**YOUR ASSIGNMENT**
Give again the lines of the data from its first line through the line with "result ≡ row_in". Change nothing.

[RECORDS FOR THE EXERCISE — start]

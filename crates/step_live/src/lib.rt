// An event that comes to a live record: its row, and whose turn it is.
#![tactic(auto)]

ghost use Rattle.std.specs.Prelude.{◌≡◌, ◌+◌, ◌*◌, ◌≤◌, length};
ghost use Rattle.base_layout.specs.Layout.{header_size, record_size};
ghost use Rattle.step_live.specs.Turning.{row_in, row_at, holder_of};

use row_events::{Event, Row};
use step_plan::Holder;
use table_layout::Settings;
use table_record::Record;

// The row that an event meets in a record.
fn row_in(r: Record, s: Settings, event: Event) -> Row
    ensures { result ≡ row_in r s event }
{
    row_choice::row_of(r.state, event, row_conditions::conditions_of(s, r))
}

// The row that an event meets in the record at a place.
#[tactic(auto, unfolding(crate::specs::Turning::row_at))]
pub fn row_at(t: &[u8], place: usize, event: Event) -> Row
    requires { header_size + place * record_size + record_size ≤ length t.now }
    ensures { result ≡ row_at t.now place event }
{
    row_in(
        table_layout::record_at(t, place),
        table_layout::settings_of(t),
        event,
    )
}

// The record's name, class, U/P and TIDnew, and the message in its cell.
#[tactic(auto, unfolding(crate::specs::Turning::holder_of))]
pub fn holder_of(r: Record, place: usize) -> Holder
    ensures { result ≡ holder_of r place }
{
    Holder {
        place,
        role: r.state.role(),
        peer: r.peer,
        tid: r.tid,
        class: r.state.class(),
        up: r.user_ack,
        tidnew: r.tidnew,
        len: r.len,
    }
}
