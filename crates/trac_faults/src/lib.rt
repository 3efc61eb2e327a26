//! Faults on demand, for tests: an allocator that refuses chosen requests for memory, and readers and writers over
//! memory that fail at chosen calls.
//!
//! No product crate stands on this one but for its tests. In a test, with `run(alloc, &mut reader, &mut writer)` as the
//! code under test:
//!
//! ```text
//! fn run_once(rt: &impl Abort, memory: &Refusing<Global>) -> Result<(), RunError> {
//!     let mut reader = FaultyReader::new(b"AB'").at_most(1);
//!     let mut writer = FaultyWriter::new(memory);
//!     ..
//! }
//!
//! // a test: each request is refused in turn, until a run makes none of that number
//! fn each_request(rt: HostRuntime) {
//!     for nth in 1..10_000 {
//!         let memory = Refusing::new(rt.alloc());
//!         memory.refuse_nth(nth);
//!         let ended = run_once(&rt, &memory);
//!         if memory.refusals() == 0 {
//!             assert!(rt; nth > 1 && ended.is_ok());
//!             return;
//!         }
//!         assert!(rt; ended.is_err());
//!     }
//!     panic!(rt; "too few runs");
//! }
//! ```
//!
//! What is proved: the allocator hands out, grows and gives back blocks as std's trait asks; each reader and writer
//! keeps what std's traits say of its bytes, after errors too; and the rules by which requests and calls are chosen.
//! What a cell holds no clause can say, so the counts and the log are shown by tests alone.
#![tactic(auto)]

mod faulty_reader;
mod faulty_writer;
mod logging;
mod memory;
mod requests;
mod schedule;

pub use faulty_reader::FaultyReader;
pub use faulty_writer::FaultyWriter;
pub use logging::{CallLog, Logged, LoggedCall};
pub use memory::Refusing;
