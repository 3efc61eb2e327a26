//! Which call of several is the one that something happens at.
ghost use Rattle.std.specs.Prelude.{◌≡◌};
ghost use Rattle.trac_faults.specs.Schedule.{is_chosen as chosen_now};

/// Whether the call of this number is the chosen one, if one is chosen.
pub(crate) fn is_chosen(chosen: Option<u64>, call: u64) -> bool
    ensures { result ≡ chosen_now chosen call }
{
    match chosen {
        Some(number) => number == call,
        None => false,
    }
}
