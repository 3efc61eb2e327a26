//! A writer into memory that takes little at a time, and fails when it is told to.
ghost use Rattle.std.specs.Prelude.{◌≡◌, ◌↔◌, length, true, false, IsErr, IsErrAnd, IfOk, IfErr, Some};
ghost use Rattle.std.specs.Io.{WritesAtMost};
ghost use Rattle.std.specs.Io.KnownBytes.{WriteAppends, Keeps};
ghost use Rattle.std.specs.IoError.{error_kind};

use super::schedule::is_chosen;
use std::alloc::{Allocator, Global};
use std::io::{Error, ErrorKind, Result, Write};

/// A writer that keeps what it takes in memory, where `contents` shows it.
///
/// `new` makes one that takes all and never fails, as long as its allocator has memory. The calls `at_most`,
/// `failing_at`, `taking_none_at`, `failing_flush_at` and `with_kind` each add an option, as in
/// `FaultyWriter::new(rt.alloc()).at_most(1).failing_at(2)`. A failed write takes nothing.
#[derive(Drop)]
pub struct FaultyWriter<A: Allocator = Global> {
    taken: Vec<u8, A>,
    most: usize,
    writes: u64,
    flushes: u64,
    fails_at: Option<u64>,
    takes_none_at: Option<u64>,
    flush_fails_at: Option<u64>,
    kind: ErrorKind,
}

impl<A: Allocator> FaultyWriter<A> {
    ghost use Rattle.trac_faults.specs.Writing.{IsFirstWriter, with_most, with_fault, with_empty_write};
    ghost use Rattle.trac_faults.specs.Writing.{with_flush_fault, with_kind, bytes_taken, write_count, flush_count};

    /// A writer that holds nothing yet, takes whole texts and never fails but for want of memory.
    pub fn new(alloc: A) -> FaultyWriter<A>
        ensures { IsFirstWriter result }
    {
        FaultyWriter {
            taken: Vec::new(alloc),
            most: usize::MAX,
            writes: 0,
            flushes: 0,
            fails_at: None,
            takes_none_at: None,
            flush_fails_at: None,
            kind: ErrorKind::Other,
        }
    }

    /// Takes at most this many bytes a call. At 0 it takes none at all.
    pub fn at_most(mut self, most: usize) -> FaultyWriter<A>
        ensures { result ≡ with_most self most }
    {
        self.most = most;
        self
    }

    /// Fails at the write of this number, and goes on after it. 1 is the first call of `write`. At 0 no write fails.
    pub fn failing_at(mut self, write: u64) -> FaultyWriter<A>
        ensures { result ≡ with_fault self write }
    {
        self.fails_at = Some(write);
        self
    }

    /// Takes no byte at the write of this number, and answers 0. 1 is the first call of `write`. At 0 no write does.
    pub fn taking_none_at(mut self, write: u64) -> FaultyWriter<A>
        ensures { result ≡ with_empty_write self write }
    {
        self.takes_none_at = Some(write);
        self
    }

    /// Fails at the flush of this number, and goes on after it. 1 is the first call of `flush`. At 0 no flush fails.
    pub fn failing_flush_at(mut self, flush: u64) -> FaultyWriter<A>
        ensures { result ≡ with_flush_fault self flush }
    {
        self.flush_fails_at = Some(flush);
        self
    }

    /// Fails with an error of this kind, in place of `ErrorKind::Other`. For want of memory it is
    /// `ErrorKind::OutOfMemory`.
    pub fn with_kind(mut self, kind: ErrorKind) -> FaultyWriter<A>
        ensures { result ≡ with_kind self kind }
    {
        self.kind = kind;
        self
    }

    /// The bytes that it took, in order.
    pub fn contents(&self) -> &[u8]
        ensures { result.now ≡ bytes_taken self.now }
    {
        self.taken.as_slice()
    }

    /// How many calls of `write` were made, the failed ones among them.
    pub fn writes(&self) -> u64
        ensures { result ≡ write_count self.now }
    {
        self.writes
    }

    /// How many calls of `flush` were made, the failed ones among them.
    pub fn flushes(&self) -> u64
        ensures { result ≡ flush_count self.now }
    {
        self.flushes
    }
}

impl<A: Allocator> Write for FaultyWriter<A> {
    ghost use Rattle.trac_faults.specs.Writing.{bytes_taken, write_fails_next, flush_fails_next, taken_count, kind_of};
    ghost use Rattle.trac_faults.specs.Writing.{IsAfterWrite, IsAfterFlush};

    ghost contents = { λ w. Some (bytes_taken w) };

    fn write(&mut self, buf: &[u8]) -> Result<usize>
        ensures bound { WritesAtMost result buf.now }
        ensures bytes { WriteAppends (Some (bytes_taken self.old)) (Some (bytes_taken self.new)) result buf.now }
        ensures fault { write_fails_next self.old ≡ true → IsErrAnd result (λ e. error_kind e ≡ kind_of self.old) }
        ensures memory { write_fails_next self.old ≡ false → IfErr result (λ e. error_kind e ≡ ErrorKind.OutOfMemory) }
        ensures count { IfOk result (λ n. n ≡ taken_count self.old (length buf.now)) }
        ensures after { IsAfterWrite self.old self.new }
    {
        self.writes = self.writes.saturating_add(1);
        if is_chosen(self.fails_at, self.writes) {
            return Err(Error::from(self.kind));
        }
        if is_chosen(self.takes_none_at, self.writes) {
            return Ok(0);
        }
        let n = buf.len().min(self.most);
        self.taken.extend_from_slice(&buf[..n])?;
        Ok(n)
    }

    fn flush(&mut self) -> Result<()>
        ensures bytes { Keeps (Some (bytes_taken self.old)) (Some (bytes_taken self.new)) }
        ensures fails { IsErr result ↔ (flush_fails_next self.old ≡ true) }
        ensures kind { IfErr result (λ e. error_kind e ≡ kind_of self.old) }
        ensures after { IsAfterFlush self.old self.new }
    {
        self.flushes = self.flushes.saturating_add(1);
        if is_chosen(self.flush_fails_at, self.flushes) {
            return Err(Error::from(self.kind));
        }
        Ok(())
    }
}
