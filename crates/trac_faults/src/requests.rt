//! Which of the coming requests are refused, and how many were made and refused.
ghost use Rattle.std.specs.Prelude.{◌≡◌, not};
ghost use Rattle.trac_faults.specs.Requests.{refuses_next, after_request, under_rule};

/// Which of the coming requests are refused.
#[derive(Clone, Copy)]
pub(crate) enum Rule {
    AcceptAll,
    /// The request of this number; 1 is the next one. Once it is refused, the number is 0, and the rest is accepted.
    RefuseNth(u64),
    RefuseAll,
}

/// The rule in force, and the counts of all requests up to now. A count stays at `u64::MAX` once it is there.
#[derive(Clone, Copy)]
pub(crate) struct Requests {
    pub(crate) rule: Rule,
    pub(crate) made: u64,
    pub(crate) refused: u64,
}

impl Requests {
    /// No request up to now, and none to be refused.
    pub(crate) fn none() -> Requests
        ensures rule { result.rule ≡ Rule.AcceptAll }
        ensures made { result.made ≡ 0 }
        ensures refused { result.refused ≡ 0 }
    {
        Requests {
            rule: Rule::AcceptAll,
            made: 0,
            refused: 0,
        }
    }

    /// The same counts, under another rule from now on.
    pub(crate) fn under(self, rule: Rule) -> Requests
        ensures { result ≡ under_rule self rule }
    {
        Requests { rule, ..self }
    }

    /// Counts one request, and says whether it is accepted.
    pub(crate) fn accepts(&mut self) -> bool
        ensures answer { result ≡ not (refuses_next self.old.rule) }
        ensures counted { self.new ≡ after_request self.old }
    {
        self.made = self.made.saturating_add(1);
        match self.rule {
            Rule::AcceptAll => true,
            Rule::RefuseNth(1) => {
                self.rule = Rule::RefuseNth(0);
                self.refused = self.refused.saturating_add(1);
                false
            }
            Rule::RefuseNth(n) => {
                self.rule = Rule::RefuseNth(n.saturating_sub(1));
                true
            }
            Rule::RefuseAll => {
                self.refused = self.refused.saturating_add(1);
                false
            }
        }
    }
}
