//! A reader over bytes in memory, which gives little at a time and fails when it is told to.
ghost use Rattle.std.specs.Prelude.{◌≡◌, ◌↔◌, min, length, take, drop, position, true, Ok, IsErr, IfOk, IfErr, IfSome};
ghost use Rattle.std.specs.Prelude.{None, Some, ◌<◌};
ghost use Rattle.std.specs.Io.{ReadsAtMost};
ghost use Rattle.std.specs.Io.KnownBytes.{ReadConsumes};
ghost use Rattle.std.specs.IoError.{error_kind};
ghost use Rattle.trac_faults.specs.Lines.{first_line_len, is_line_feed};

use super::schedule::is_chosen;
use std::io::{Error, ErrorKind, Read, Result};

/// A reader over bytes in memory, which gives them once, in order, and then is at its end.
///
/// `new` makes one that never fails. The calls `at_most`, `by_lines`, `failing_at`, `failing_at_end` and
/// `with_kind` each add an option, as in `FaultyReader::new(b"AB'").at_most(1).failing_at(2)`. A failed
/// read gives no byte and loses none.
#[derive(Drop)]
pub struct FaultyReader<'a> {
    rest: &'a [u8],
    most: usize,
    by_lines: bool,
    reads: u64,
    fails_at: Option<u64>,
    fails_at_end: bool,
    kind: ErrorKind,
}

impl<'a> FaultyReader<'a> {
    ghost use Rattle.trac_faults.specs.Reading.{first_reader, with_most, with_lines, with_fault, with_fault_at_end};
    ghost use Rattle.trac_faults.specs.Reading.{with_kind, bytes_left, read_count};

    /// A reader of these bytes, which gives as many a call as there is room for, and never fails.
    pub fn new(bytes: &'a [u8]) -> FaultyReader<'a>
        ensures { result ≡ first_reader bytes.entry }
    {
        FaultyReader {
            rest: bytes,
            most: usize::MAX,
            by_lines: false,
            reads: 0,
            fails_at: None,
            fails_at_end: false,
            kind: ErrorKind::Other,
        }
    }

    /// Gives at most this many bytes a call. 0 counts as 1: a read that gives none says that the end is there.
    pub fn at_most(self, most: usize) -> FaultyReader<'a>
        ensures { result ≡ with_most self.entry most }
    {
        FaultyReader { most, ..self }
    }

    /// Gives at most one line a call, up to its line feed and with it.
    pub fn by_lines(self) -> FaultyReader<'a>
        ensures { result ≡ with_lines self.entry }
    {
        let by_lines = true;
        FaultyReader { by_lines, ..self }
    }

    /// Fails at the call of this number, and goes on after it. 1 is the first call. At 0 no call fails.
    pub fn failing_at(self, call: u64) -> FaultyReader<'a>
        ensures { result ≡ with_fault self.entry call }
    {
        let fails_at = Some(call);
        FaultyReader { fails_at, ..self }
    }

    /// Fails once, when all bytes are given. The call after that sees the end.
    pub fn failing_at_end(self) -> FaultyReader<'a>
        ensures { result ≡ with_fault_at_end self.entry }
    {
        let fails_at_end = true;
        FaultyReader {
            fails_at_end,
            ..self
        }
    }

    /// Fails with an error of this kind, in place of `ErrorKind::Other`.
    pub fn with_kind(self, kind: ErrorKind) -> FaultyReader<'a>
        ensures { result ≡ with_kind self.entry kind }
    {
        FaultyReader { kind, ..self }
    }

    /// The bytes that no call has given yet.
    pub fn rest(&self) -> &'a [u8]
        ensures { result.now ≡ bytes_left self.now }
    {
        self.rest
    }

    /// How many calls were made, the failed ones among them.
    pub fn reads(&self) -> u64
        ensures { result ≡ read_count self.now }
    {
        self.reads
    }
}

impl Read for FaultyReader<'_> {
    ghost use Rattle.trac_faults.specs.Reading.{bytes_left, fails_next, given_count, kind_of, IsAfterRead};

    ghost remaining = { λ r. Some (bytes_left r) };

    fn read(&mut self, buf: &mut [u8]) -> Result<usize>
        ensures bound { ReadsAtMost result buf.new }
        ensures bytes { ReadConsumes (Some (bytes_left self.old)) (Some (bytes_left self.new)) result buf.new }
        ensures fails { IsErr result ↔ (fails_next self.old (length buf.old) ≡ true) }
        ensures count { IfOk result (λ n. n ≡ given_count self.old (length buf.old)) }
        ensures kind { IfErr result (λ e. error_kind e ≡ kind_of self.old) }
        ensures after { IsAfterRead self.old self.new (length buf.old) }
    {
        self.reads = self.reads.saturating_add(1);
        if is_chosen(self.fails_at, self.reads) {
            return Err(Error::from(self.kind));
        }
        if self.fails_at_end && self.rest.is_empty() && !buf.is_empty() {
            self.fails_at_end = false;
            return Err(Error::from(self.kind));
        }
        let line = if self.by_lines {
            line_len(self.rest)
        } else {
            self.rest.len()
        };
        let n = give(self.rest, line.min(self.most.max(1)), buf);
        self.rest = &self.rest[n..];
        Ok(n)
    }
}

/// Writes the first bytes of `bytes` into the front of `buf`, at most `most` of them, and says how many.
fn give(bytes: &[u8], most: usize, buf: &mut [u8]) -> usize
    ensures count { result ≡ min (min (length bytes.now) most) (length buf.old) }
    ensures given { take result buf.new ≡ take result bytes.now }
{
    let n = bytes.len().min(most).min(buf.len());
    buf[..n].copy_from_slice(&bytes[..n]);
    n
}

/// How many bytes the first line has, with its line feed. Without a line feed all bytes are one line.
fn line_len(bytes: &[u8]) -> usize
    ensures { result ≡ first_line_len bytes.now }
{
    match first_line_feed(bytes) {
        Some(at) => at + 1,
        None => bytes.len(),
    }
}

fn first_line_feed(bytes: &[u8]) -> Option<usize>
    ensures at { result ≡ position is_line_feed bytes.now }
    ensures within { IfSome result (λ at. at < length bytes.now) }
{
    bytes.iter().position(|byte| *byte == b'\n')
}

[RECORDS FOR THE EXERCISE — finish]

**ANSWER AREA**
filename crates/step_live/src/lib.rt
// An event that comes to a live record: its row, and whose turn it is.
#![tactic(auto)]

ghost use Rattle.std.specs.Prelude.{◌≡◌, ◌+◌, ◌*◌, ◌≤◌, length};
ghost use Rattle.base_layout.specs.Layout.{header_size, record_size};
ghost use Rattle.step_live.specs.Turning.{row_in, row_at, holder_of};

use row_events::{Event, Row};
use step_plan::Holder;
use table_layout::Settings;
use table_record::Record;

// The row that an event meets in a record.
fn row_in(r: Record, s: Settings, event: Event) -> Row
    ensures { result ≡ row_in r s event }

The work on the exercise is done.